* Dataset extract *
··········
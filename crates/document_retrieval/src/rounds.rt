//! Documents asked for by rounds.

ghost use Rattle.std.specs.Prelude.{◌≡◌, ◌⊎◌, [], ◌∷◌, map, true, IfOk, IfErr};
ghost use Rattle.schema_definitions.specs.DocumentCauses.{document_causes};
ghost use Rattle.document_index.specs.Seen.{document_of};
ghost use Rattle.document_index.specs.Named.{NamesOne};
ghost use Rattle.document_index.specs.Surveys.{Prepares};
ghost use Rattle.document_sources.specs.Causes.{IsMemory};
ghost use Rattle.document_sources.specs.Seen.{layer_of};
ghost use Rattle.schema_definitions.specs.Rounds.{wants, none_twice};
ghost use Rattle.document_retrieval.specs.Stages.{asking, documents_in, uris_in, IsGathered, AnswersNothing};
ghost use Rattle.document_retrieval.specs.Gathered.{IsFound, RefusesAll};

use crate::round::push_round;
use crate::wants::{Want, wants_of};
use document_index::document::Document;
use document_index::prepared::Prepared;
use document_index::survey::Survey;
use document_sources::Retrieve;
use document_sources::error::Error;
use document_sources::layer::Layer;
use std::alloc::Global;
use std::rc::Rc;
use uri_references::uri::Uri;

/// Documents, and those among them that were retrieved.
#[derive(Drop)]
pub struct Retrieved<'a> {
    /// Those that were given, and behind them the answers in their order.
    pub documents: Vec<Document<'a>>,
    /// The URIs that the retriever answered, in order, each once.
    pub uris: Vec<Rc<Uri>>,
}

/// Documents with all that they want, and what is kept of them.
#[derive(Drop)]
pub struct Gathered<'a> {
    /// The documents, and those among them that were retrieved.
    pub retrieved: Retrieved<'a>,
    /// What is kept of them.
    pub prepared: Prepared,
}

// What is found of documents: what they want, or, where they want nothing, what is kept of them.
#[derive(Drop)]
enum Found {
    Wants(Vec<Want>),
    Nothing(Prepared),
}

// A cause that documents have is told only where they want nothing.
fn found_of(alloc: Global, documents: &[Document<'_>]) -> Result<Found, Error>
    ensures ok { IfOk result (IsFound (map document_of documents.now)) }
    ensures refused { IfErr result (NamesOne (document_causes (map document_of documents.now))) }
    ensures complete { IfErr result (λ e. IsMemory e ⊎ (wants (map document_of documents.now) ≡ [])) }
{
    let survey = Survey::of(alloc, documents)?;
    let wants = wants_of(alloc, documents, &survey)?;
    if !wants.is_empty() {
        return Ok(Found::Wants(wants));
    }
    Ok(Found::Nothing(survey.into_prepared(alloc)?))
}

/// The documents with all that they want and is not at hand, and with what that wants in turn, and what is kept of them, where they have no
/// cause to be refused.
///
/// All documents are surveyed, then what they want is asked for in the order met, each URI once; then their answers are surveyed with
/// them, until nothing is wanted any more. An answer is of the layer, and is read by the layer's draft where it names none. There is one
/// survey for each round, and what is kept comes from the last: where nothing is retrieved, the schema places are found once, and more often
/// only where the documents name meta-schemas of their own.
///
/// # Errors
///
/// Where the retriever refuses what is wanted, where more is wanted than the limit, or where memory was refused; and once nothing is wanted
/// any more, a cause that the documents have.
pub fn prepare_wanted<'a, R: Retrieve>(
    alloc: Global,
    documents: Vec<Document<'a>>,
    layer: Layer,
    retriever: &R,
    limit: u64,
) -> Result<Gathered<'a>, Error>
    ensures ok { IfOk result (λ g. IsGathered
        (asking R.may_answer R.may_refuse retriever.now (layer_of layer)) limit
        (map document_of documents.entry.items) (documents_in g.retrieved) (uris_in g.retrieved)) }
    ensures alone { IfOk result (λ g. AnswersNothing
        (asking R.may_answer R.may_refuse retriever.now (layer_of layer))
        → (documents_in g.retrieved ≡ map document_of documents.entry.items) × (uris_in g.retrieved ≡ [])) }
    ensures once { IfOk result (λ g. none_twice (uris_in g.retrieved) ≡ true) }
    ensures complete { IfOk result (λ g. wants (documents_in g.retrieved) ≡ []) }
    ensures prepared { IfOk result (λ g. Prepares g.prepared (documents_in g.retrieved)) }
    ensures refused { IfErr result (RefusesAll
        (asking R.may_answer R.may_refuse retriever.now (layer_of layer)) limit
        (map document_of documents.entry.items)) }
{
    let mut gathered = Retrieved {
        documents,
        uris: Vec::new(alloc),
    };
    loop {
        match found_of(alloc, &gathered.documents)? {
            Found::Wants(wants) => {
                push_round(alloc, &mut gathered, &wants, layer, retriever, limit)?;
            }
            Found::Nothing(prepared) => {
                return Ok(Gathered {
                    retrieved: gathered,
                    prepared,
                });
            }
        }
    }
}
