//! Loads the sheet of each line of standard input and stores it again, and prints both answers: the refusals by their
//! numbers, for every kind of weight. A line names the kind, the cells of the strip, how many of them are lent to the
//! store, the bytes of the buffer and the input in hexadecimal; a line that begins with '#' is repeated. In the place of
//! a kind, `program` has the work of `weigh-length` done on the input, repeated as often as the first number says.
#![tactic(auto)]

use codec::coded::Coded;
use drafts::draft::Draft;
use facts::weight::Facts;
use lengths::weight::Length;
use lines::Lines;
use loading::load::load;
use pairs::pair::Pair;
use program::run::run;
use relations::weight::Relation;
use squares::square::Square;
use std::alloc::{AllocError, Global};
use std::io::{BufRead, BufReader};
use storing::store::store;
use weights::weight::Weight;

// What a line asks for.
#[derive(Drop)]
struct Case {
    // The cells of the strip, or how often the input is repeated.
    count: usize,
    lent: usize,
    buffer: usize,
    input: Vec<u8>,
}

// By hand, since all but these bytes count as 0: `to_digit(16)` takes capitals too, and the crate `hex` refuses.
fn digit(byte: u8) -> u8 {
    match byte {
        b'0'..=b'9' => byte - b'0',
        b'a'..=b'f' => byte - b'a' + 10,
        _ => 0,
    }
}

// The bytes that pairs of digits spell; a last digit alone spells none.
fn bytes(heap: Global, text: &str) -> Result<Vec<u8>, AllocError> {
    let (pairs, _) = text.as_bytes().as_chunks::<2>();
    pairs
        .iter()
        .map(|[high, low]| (digit(*high) << 4) | digit(*low))
        .collect(heap)
}

// The number that a word spells, or 0.
fn number(word: Option<&str>) -> usize {
    word.and_then(|word| word.parse().ok()).unwrap_or(0)
}

// The answer of a load of the case's input into a new draft, and of a store of that draft, with the whole buffer.
fn loaded_and_stored<W: Coded>(rt: &(impl AllocGlobal + Print), case: &Case) -> anyhow::Result<()> {
    let heap = rt.alloc();
    let mut draft = Draft::new(heap)?;
    let mut strip = vec![in heap; W::zero(); case.count]?;
    match load(&mut draft, &mut strip, &case.input) {
        Ok(used) => println!(rt; "loaded {used}")?,
        Err(fault) => println!(rt; "{fault}")?,
    }
    let mut out = vec![in heap; 0xee; case.buffer]?;
    let lent = case.lent.min(strip.len());
    match store(&draft, &strip[..lent], &mut out) {
        Ok(used) => print!(rt; "stored {used}")?,
        Err(fault) => print!(rt; "refused {}", fault.number())?,
    }
    for byte in &out {
        print!(rt; " {byte:02x}")?;
    }
    println!(rt)?;
    Ok(())
}

// What `weigh-length` prints of the case's input, which is repeated.
fn reported(rt: &(impl AllocGlobal + Print), case: &Case) -> anyhow::Result<()> {
    let heap = rt.alloc();
    let input = case.input.repeat(heap, case.count)?;
    let answer = run::<Length>(heap, &input)?;
    print!(rt; "{}", Lines(&answer))?;
    Ok(())
}

// By a match on the name, since the weights of each kind are a type of their own.
fn answered(rt: &(impl AllocGlobal + Print), kind: &str, case: &Case) -> anyhow::Result<()> {
    match kind {
        "program" => reported(rt, case),
        "length" => loaded_and_stored::<Length>(rt, case),
        "relation" => loaded_and_stored::<Relation>(rt, case),
        "facts" => loaded_and_stored::<Facts>(rt, case),
        "pair" => loaded_and_stored::<Pair<Length, Facts>>(rt, case),
        "square" => loaded_and_stored::<Square<Length>>(rt, case),
        _ => loaded_and_stored::<Square<Pair<Length, Relation>>>(rt, case),
    }
}

fn line(rt: &(impl AllocGlobal + Print), text: &str) -> anyhow::Result<()> {
    if text.starts_with('#') {
        println!(rt; "{text}")?;
        return Ok(());
    }
    let mut words = text.split(' ');
    let kind = words.next().unwrap_or("");
    let case = Case {
        count: number(words.next()),
        lent: number(words.next()),
        buffer: number(words.next()),
        input: bytes(rt.alloc(), words.next().unwrap_or(""))?,
    };
    answered(rt, kind, &case)
}

fn main(rt: HostRuntime) -> anyhow::Result<()> {
    for text in BufReader::new(rt.alloc(), rt.stdin())?.lines(rt.alloc()) {
        line(&rt, &text?)?;
    }
    Ok(())
}
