/// A class has blocks, statics, fields, tests and classes, in this order.
pub fn members_are_told()
    ensures before_each { in_class "" "beforeEach { }"
        ≡ Some (codes "did you mean `before_each`?") }
    ensures before_all { in_class "" "beforeAll { }" ≡ Some (codes "did you mean `before_all`?") }
    ensures after_each { in_class "" "afterEach { }" ≡ Some (codes "did you mean `after_each`?") }
    ensures after_all { in_class "" "afterAll { }" ≡ Some (codes "did you mean `after_all`?") }
    ensures set_up { in_class "" "setUp { }" ≡ Some (codes "did you mean `before_each`?") }
    ensures tear_down { in_class "" "tearDown { }" ≡ Some (codes "did you mean `after_each`?") }
    ensures void { in_class "" "void adds() { }"
        ≡ Some (codes "there are no methods: write `test NAME { .. }`") }
    ensures fun { in_class "" "fun adds() { }"
        ≡ Some (codes "there are no methods: write `test NAME { .. }`") }
    ensures fn_word { in_class "" "fn adds() { }"
        ≡ Some (codes "there are no methods: write `test NAME { .. }`") }
    ensures def { in_class "" "def adds(self):"
        ≡ Some (codes "there are no methods: write `test NAME { .. }`") }
    ensures public_word { in_class "" "public void x() { }"
        ≡ Some (codes "everything is public: leave `public` out") }
    ensures private_word { in_class "" "private int x;"
        ≡ Some (codes "everything is public: leave `private` out") }
    ensures brace_let { in_class "" "let y = 1;"
        ≡ Some (codes "`let` stands in a body: write `static NAME = ..;` or `field NAME = ..;`") }
    ensures closed_let { in_class "before_all { }\n  " "let y = 1;"
        ≡ Some (codes "`let` stands in a body: write `static NAME = ..;` or `field NAME = ..;`") }
    ensures semicolon_let { in_class "static x = 1;\n  " "let y = 1;"
        ≡ Some (codes "`let` stands in a body: write `static NAME = ..;` or `field NAME = ..;`") }
    ensures var { in_class "" "var x = 1;"
        ≡ Some (codes "there are no types: write `static NAME = ..;` or `field NAME = ..;`") }
    ensures val { in_class "" "val x = 1"
        ≡ Some (codes "there are no types: write `static NAME = ..;` or `field NAME = ..;`") }
    ensures skip { in_class "" "skip test t { }"
        ≡ Some (codes "write `disabled \"REASON\"` before `test` or `class`") }
    ensures parallel { in_class "" "parallel test t { }"
        ≡ Some (codes "write `concurrent` before `test` or `class`") }
    ensures int { in_class "" "int x = 1;"
        ≡ Some (codes "there are no types and no methods: write `static NAME = ..;` or `test NAME { .. }`") }
    ensures string { in_class "" "String x;"
        ≡ Some (codes "there are no types and no methods: write `static NAME = ..;` or `test NAME { .. }`") }
    ensures boolean { in_class "" "boolean x;"
        ≡ Some (codes "there are no types and no methods: write `static NAME = ..;` or `test NAME { .. }`") }
    ensures bool_word { in_class "" "bool x;"
        ≡ Some (codes "there are no types and no methods: write `static NAME = ..;` or `test NAME { .. }`") }
    ensures long { in_class "" "long x;"
        ≡ Some (codes "there are no types and no methods: write `static NAME = ..;` or `test NAME { .. }`") }
    ensures double { in_class "" "double x;"
        ≡ Some (codes "there are no types and no methods: write `static NAME = ..;` or `test NAME { .. }`") }
{}

/// Heads, marks, statics and fields are written so.
pub fn heads_are_told()
    ensures test_quote { in_class "test " "\"adds\" { }"
        ≡ Some (codes "a test has a name before its text: `test NAME \"TEXT\" { .. }`") }
    ensures class_quote { in_class "class " "\"cart\" { }"
        ≡ Some (codes "a class has a name before its text: `class NAME \"TEXT\" { .. }`") }
    ensures isolated_test { in_class "isolated " "test t { }"
        ≡ Some (codes "`isolated` is a mark of classes: write it before `class`") }
    ensures read_children_test { in_class "read children \"a\" " "test t { }"
        ≡ Some (codes "`read children` is a mark of classes: write it before `class`") }
    ensures write_children_test { in_class "write children \"a\" " "test t { }"
        ≡ Some (codes "`write children` is a mark of classes: write it before `class`") }
    ensures disabled_test { in_class "disabled " "test t { }"
        ≡ Some (codes "`disabled` says why: write `disabled \"REASON\"`") }
    ensures disabled_class { in_class "disabled " "class D { }"
        ≡ Some (codes "`disabled` says why: write `disabled \"REASON\"`") }
    ensures read_file { in_class "read " "file \"a\""
        ≡ Some (codes "the key of a file is a text: write `read \"file:PATH\"`") }
    ensures write_file { in_class "write " "file \"a\""
        ≡ Some (codes "the key of a file is a text: write `write \"file:PATH\"`") }
    ensures one_more_equals_null { in_class "static x = " "null;"
        ≡ Some (codes "there is no `null`: write a text or a number") }
    ensures one_more_equals_none { in_class "static x = " "None;"
        ≡ Some (codes "there is no `None`: write a text or a number") }
    ensures one_more_equals_true { in_class "static x = " "True;"
        ≡ Some (codes "did you mean `true`?") }
    ensures one_more_equals_false { in_class "static x = " "False;"
        ≡ Some (codes "did you mean `false`?") }
    ensures static_word { in_class "static int " "x = 1;"
        ≡ Some (codes "write `static NAME = ..;` with a number, a text, `true` or `false`") }
    ensures field_word { in_class "field x = " "y;"
        ≡ Some (codes "write `field NAME = ..;` with a number, a text, `true` or `false`") }
    ensures operator_of_a_static { in_class "static x = 1 " "+ 2;"
        ≡ Some (codes "write `static NAME = ..;` with a number, a text, `true` or `false`") }
    ensures extends { in_class "class D " "extends C { }"
        ≡ Some (codes "a class extends no other") }
    ensures implements { in_class "class D " "implements C { }"
        ≡ Some (codes "a class implements nothing: leave it out") }
    ensures throws { in_class "test t " "throws E { }" ≡ Some (codes "leave `throws` out") }
    ensures read_system_properties { in_class "read " "SYSTEM_PROPERTIES"
        ≡ Some (codes "the key of the properties is `\"java.lang.System.properties\"`") }
    ensures write_system_properties { in_class "write " "SYSTEM_PROPERTIES"
        ≡ Some (codes "the key of the properties is `\"java.lang.System.properties\"`") }
    ensures read_minus { in_class "read" "-write \"a\""
        ≡ Some (codes "write `write \"KEY\"`, which is for reading too") }
    ensures read_write_word { in_class "" "read_write \"a\""
        ≡ Some (codes "write `write \"KEY\"`, which is for reading too") }
    ensures read_write_constant { in_class "" "READ_WRITE"
        ≡ Some (codes "write `write \"KEY\"`, which is for reading too") }
{}
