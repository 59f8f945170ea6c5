//! Events: which begin pays for which end, and whether each end is paid for.
#![tactic(auto)]

mod labels;
mod laws;
mod paid;
mod pair;
mod queue;

pub use laws::{each_begin_once, one_pairing, paired_is_paid};
pub use paid::{always_paid, always_paid_many};
pub use pair::{Pairing, pair_up};
use std::alloc::AllocError;

/// Memory ran out.
pub type NoMemory = AllocError;
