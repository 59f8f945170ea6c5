// Laws of pairings.

ghost use Rattle.spi_trace.specs.Laws.{BeginsComeBefore, BeginsPayOnce, PairedIsPaid, PairedIsPaidMany, PairingIsOne};

/// Events have one pairing.
pub fn one_pairing()
    ensures { PairingIsOne }
{}

/// No begin is that of two ends, and the begin of an end or an endmany comes before it and has its label.
pub fn each_begin_once()
    ensures once { BeginsPayOnce }
    ensures before { BeginsComeBefore }
{}

/// Each end has a begin just where the events are paid, and each endmany has one just where they are paid many to
/// one.
pub fn paired_is_paid()
    ensures ends { PairedIsPaid }
    ensures manys { PairedIsPaidMany }
{}
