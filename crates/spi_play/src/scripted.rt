// Players that go by a script.

ghost use Rattle.std.specs.Prelude.{◌≡◌, ◌≤◌, Some, drop, vec_len};
ghost use Rattle.spi_play.specs.Way.{Script};

use crate::player::{Menu, Pick, Player};

/// A player that picks the numbers of a script in order, and leaves after the last. It tells its script.
pub struct Scripted {
    script: Vec<u64>,
    at: usize,
    asked: u64,
    ghost within: { at ≤ vec_len script },
}

impl Drop for Scripted {
    fn drop(self) {
        let Self { script, at, asked } = self;
    }
}

impl Scripted {
    /// It was asked 0 times.
    pub fn new(script: Vec<u64>) -> Scripted
        ensures times { ⟦<Scripted as Player>⟧.times result ≡ 0 }
        ensures way { ⟦<Scripted as Player>⟧.way result ≡ Some (Script script.items) }
    {
        Scripted {
            script,
            at: 0,
            asked: 0,
        }
    }
}

impl Player for Scripted {
    ghost times = { λ s. s.asked };

    ghost way = { λ s. Some (Script (drop s.at s.script.items)) };

    fn pick(&mut self, _menu: &Menu) -> Pick {
        self.asked = self.asked.saturating_add(1);
        if self.at == self.script.len() {
            return Pick::Leave;
        }
        let k = self.script[self.at];
        self.at += 1;
        Pick::Take(k)
    }

    fn asked(&self) -> u64 {
        self.asked
    }
}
··········
* What you will do *
Please retype, with no changes, the lines that run from the first line of the entries to the line with "The documents, and", both ends included.

* Solution to the problem *
filename crates/document_retrieval/src/rounds.rt
//! Documents asked for by rounds.

ghost use Rattle.std.specs.Prelude.{◌≡◌, ◌⊎◌, [], ◌∷◌, map, true, IfOk, IfErr};
ghost use Rattle.schema_definitions.specs.DocumentCauses.{document_causes};
ghost use Rattle.document_index.specs.Seen.{document_of};
ghost use Rattle.document_index.specs.Named.{NamesOne};
ghost use Rattle.document_index.specs.Surveys.{Prepares};
ghost use Rattle.document_sources.specs.Causes.{IsMemory};
ghost use Rattle.document_sources.specs.Seen.{layer_of};
ghost use Rattle.schema_definitions.specs.Rounds.{wants, none_twice};
ghost use Rattle.document_retrieval.specs.Stages.{asking, documents_in, uris_in, IsGathered, AnswersNothing};
ghost use Rattle.document_retrieval.specs.Gathered.{IsFound, RefusesAll};

use crate::round::push_round;
use crate::wants::{Want, wants_of};
use document_index::document::Document;
use document_index::prepared::Prepared;
use document_index::survey::Survey;
use document_sources::Retrieve;
use document_sources::error::Error;
use document_sources::layer::Layer;
use std::alloc::Global;
use std::rc::Rc;
use uri_references::uri::Uri;

/// Documents, and those among them that were retrieved.
#[derive(Drop)]
pub struct Retrieved<'a> {
    /// Those that were given, and behind them the answers in their order.
    pub documents: Vec<Document<'a>>,
    /// The URIs that the retriever answered, in order, each once.
    pub uris: Vec<Rc<Uri>>,
}

/// Documents with all that they want, and what is kept of them.
#[derive(Drop)]
pub struct Gathered<'a> {
    /// The documents, and those among them that were retrieved.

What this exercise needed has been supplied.